> _TASK_: Only a number is expected: how many lines in the data below contain the word "table".
-- GIVEN RECORDS follows --
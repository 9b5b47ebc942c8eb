//! Streams that go to a table in memory.

/// An open memory stream (Z-Machine Standards Document 1.1, section 7.1.2).
#[derive(Clone, Copy, Debug, Default, PartialEq, Eq)]
pub struct Stream {
    /// The address of the table to which its text goes when it is closed.
    pub table: u16,

    /// How many bytes the turn had printed when it was opened.
    pub from: u32,
}

/// A character of UTF-8 below 65,536, as far as it has been read.
#[derive(Clone, Copy, Debug, PartialEq, Eq)]
pub struct Begun {
    /// The bits of its bytes up to here.
    pub bits: u32,

    /// How many more bytes it has.
    pub more: u8,
}
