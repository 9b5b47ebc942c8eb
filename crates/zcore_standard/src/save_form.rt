//! How versions write `save`, and what a story that waits for the name of a saved game is asked for.

/// How a version writes `save`, and how that gives its answer (Z-Machine Standards Document 1.1,
/// section 15). Before the answer come the same bytes in each story of the version.
#[derive(Clone, Copy, PartialEq, Eq)]
pub enum SaveForm {
    /// Versions 1 to 3: 0OP 5, with a branch.
    Branch,

    /// Version 4: 0OP 5, with a variable for the result.
    Result,

    /// From version 5 on: EXT 0 without operands, with a variable for the result.
    Extended,
}

/// For what a story asks for the name of a saved game.
#[derive(Clone, Copy, PartialEq, Eq)]
pub enum Purpose {
    /// `save`
    Saving,

    /// `restore`
    Restoring,
}
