//! The upper window.

/// The upper window as it goes through a turn (Z-Machine Standards Document 1.1, sections 8.6 and
/// 8.7): its text is what the turn has printed from a place on.
#[derive(Clone, Copy, Debug, Default, PartialEq, Eq)]
pub struct Upper {
    /// How many bytes the turn had printed when the window began.
    pub from: u32,

    /// How many it had printed when the row of the cursor was set.
    pub mark: u32,

    /// That row, counted from 1.
    pub row: u16,
}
-- GIVEN RECORDS concluded --
> _SOLUTION FOR THIS TASK_: 3